07/26/2001 | audiogalaxy | Album Review
Let it Burst

by Will Robinson Sheff

As a sop to lazy critics everywhere, Cursive has provided a readymade press release in the lyrics to the first track of their new Burst and Bloom E.P. Not to disappoint them, I excerpt it here: "This unique approach to start an EP [is] intended to shock, create a mystique. A cheap strategy, a marketing scheme building awareness for the next LP. They've got a good fan base, they've got integrity, they've got a DC sound: Shudder to Think, Fugazi, and Chapel Hill around the early 90's."

Well, that's that. Now I'm gonna go home and watch "Days of Our Lives."

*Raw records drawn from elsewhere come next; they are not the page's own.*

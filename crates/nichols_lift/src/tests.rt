ghost use Rattle.std.specs.Prelude.{IfOk};
ghost use Rattle.nichols_tensor.specs.Combination.{AllElements};
ghost use Rattle.nichols_tensor.specs.Words.{IsOver};
ghost use Rattle.nichols_lift.specs.declared.TheConstants.{PLACE_LIMIT};
ghost use Rattle.nichols_lift.specs.Lengths.{AllAtMost};

use super::*;
use nichols_braid::Braid;
use nichols_testing::{
    braid_with_constant, has_terms, one_letter, three_transpositions, word, word_over,
};
use nichols_words::{Comb, Word};
use std::alloc::Global;
use std::test::Fail;

/// The image of a word of at most `PLACE_LIMIT` letters.
fn image(alloc: Global, braid: &Braid, text: &str) -> Result<Comb, Fail> {
    let field = braid.field();
    let word = word_over(braid, text).ok_or("no word")?;
    let comb = Comb::single(alloc, field, word, field.from_i64(1))?;
    if word.len() > PLACE_LIMIT {
        return Err("too many letters".into());
    }
    let image = symmetrize(alloc, braid, &comb)?;
    Ok(image)
}

#[test]
fn images_over_the_three_transpositions(rt: HostRuntime) -> Result<(), Fail> {
    let three = three_transpositions(rt.alloc())?;
    let rows: [(&str, &[(&str, u32)]); 3] = [
        ("", &[("", 1)]),
        ("2", &[("2", 1)]),
        ("1.2", &[("1.2", 1), ("3.1", 100)]),
    ];
    for (text, expected) in rows {
        let found = image(rt.alloc(), &three, text)?;
        assert!(rt; has_terms(&found, expected));
    }
    let zero = symmetrize(rt.alloc(), &three, &Comb::zero(rt.alloc()))?;
    assert!(rt; zero.is_zero());
    Ok(())
}

/// A sum of words of at most `PLACE_LIMIT` letters, and one word more.
fn with_word(alloc: Global, braid: &Braid, sum: &Comb, text: &str) -> Result<Comb, Fail>
    requires lengths { AllAtMost PLACE_LIMIT sum.now }
    requires letters { IsOver braid.now.letters sum.now }
    requires elements { AllElements braid.now.field sum.now }
    ensures lengths { IfOk result (AllAtMost PLACE_LIMIT) }
    ensures letters { IfOk result (IsOver braid.now.letters) }
    ensures elements { IfOk result (AllElements braid.now.field) }
{
    let field = braid.field();
    let one = field.from_i64(1);
    let word = word_over(braid, text).ok_or("no word")?;
    if word.len() > PLACE_LIMIT {
        return Err("too many letters".into());
    }
    let single = Comb::single(alloc, field, word, one)?;
    let longer = sum.add_scaled(alloc, field, one, &single)?;
    Ok(longer)
}

/// The images of `1.2`, `2.3` and `3.1` add up to zero, and `1*e` is its own image.
#[test]
fn the_image_of_a_sum(rt: HostRuntime) -> Result<(), Fail> {
    let three = three_transpositions(rt.alloc())?;
    let none = Comb::zero(rt.alloc());
    let empty = with_word(rt.alloc(), &three, &none, "")?;
    let first = with_word(rt.alloc(), &three, &empty, "1.2")?;
    let second = with_word(rt.alloc(), &three, &first, "2.3")?;
    let third = with_word(rt.alloc(), &three, &second, "3.1")?;
    assert_eq!(rt; third.terms().len(), 4);
    let found = symmetrize(rt.alloc(), &three, &third)?;
    assert!(rt; has_terms(&found, &[("", 1)]));
    Ok(())
}

/// Over one letter with scalar -1 the square goes to zero, and with scalar 2 over 7 elements the cube:
/// 1 times 3 times 7 is zero there.
#[test]
fn images_of_powers(rt: HostRuntime) -> Result<(), Fail> {
    let minus = braid_with_constant(rt.alloc(), 7, &[&[1]], -1)?;
    assert!(rt; image(rt.alloc(), &minus, "1.1")?.is_zero());
    let two = one_letter(rt.alloc())?;
    assert!(rt; has_terms(&image(rt.alloc(), &two, "1.1")?, &[("1.1", 3)]));
    assert!(rt; image(rt.alloc(), &two, "1.1.1")?.is_zero());
    Ok(())
}

#[test]
fn end_places(rt: HostRuntime) {
    let refused: [&[u8]; 5] = [&[1, 1], &[0], &[2], &[1, 3], &[1, 2, 3, 4, 5, 6, 7, 8]];
    for ends in refused {
        assert!(rt; Perm::new(ends).is_none());
    }
    let taken: [&[u8]; 3] = [&[], &[3, 1, 2], &[7, 6, 5, 4, 3, 2, 1]];
    for ends in taken {
        assert!(rt; Perm::new(ends).is_some_and(|perm| perm.ends() == ends));
    }
}

/// The lift of a word of as many letters as the permutation has places.
fn lifted(braid: &Braid, ends: &[u8], text: &str) -> Option<(Word, u32)> {
    let perm = Perm::new(ends)?;
    let word = word_over(braid, text)?;
    if word.len() != perm.ends().len() {
        return None;
    }
    Some(lift(braid, &perm, &word))
}

#[test]
fn lifts_over_the_three_transpositions(rt: HostRuntime) -> Result<(), Fail> {
    let three = three_transpositions(rt.alloc())?;
    let rows: [(&[u8], &str, u32); 3] = [
        (&[3, 2, 1], "1.3.1", 100),
        (&[3, 1, 2], "3.2.1", 1),
        (&[1, 2, 3], "1.2.3", 1),
    ];
    for (ends, text, scalar) in rows {
        let (found, met) = lifted(&three, ends, "1.2.3").ok_or("no lift")?;
        assert!(rt; found == word(text) && met == scalar);
    }
    Ok(())
}

#[test]
fn a_crossing(rt: HostRuntime) -> Result<(), Fail> {
    let three = three_transpositions(rt.alloc())?;
    let mut crossed = word_over(&three, "1.2.3").ok_or("no word")?;
    if crossed.len() != 3 {
        return Err("not three letters".into());
    }
    let met = cross_at(&three, &mut crossed, 2);
    assert!(rt; crossed == word("1.1.2") && met == 100);
    Ok(())
}

/// Both descending lists of the reversal of three places lead to its lift.
#[test]
fn both_lists_of_the_reversal(rt: HostRuntime) -> Result<(), Fail> {
    let three = three_transpositions(rt.alloc())?;
    let start = word_over(&three, "1.2.3").ok_or("no word")?;
    let reversal = Perm::new(&[3, 2, 1]).ok_or("no permutation")?;
    if start.len() != 3 {
        return Err("not three letters".into());
    }
    let (found, met) = lift(&three, &reversal, &start);
    assert!(rt; found == word("1.3.1") && met == 100);
    let first = lift_by(&three, &reversal, &[1, 2, 1], &start);
    assert!(rt; first.0 == found && first.1 == met);
    let second = lift_by(&three, &reversal, &[2, 1, 2], &start);
    assert!(rt; second.0 == found && second.1 == met);
    Ok(())
}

Actually, before I go, I'd like to add a few things:
"Cursive systematically rejects easy ironies in favor of good old fashioned amplified emotion"

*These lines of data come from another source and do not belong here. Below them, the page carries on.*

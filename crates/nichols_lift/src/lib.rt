//! Lifts of permutations to words, and the quantum symmetrizer with its laws.
//!
//! `AllocError` says that there was no memory.
#![tactic(auto)]

mod crossing;
mod image;
pub mod laws;
mod lifting;
mod perm;

/// The most places of a permutation that is kept, and the most letters of a word whose image under the quantum symmetrizer is asked for.
pub const PLACE_LIMIT: usize = 7;

pub use crossing::cross_at;
pub use image::symmetrize;
pub use lifting::{lift, lift_by};
pub use perm::Perm;

#[cfg(test)]
mod tests;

Some smarm trafficker insulated in 2,001 layers of irony, someone like Beck or Steven Malkmus, could get away with this shit, but not Cursive, who are one of indie rock's most achingly sincere bands. So, true to form, the glib cleverness of Burst and Bloom's opening words collapses into self-loathing rage at about the same time as the pretty glide of their intro falters and falls into a pit of screams. This is the Cursive we know and love, and they spend the rest of the song flagellating themselves for these oh-so-hip 21st century ironies: "my moldy dreams are debased by the same hands that shape themů. / I'm so reflexive I am a mirror." By the song's end, it's turned from a Dave Eggers-esque hall of clever mirrors into a field of broken glass, a dead-on portrait of the self-reflexive artist as a cipher lost in the media world that markets him, sucked to the bottom of an ocean of irrelevance, able to be freed only by the unmediated outburst of one pure emotion.

The rest of the EP is just as stunning; it bursts and blooms with Cursive's rare ability to reject easy ironies in favor of good old fashioned amplified emotion. As with all of Cursive's work, that emotion is expressed with such intense urgency that the songs often teeter between pathos and bathos, but when they land on the side of the former, which is usually, they're almost a magical cure for the disaffected, too-cool-to-care attitude that, these days, might just be killing us. The main sonic between Burst and Bloom and last year's Domestica is that this EP finds Cursive layering their emo attack with beautiful little gulfs of cello, their soothing sound serving as salve when these songs hurt too much. By conception, though, these songs should hurt a little, as they sound like they hurt to make. Like John Lennon's classic first Plastic Ono Band album, Burst and Bloom is a record that crashes headlong into pain, hoping to tunnel through into healing.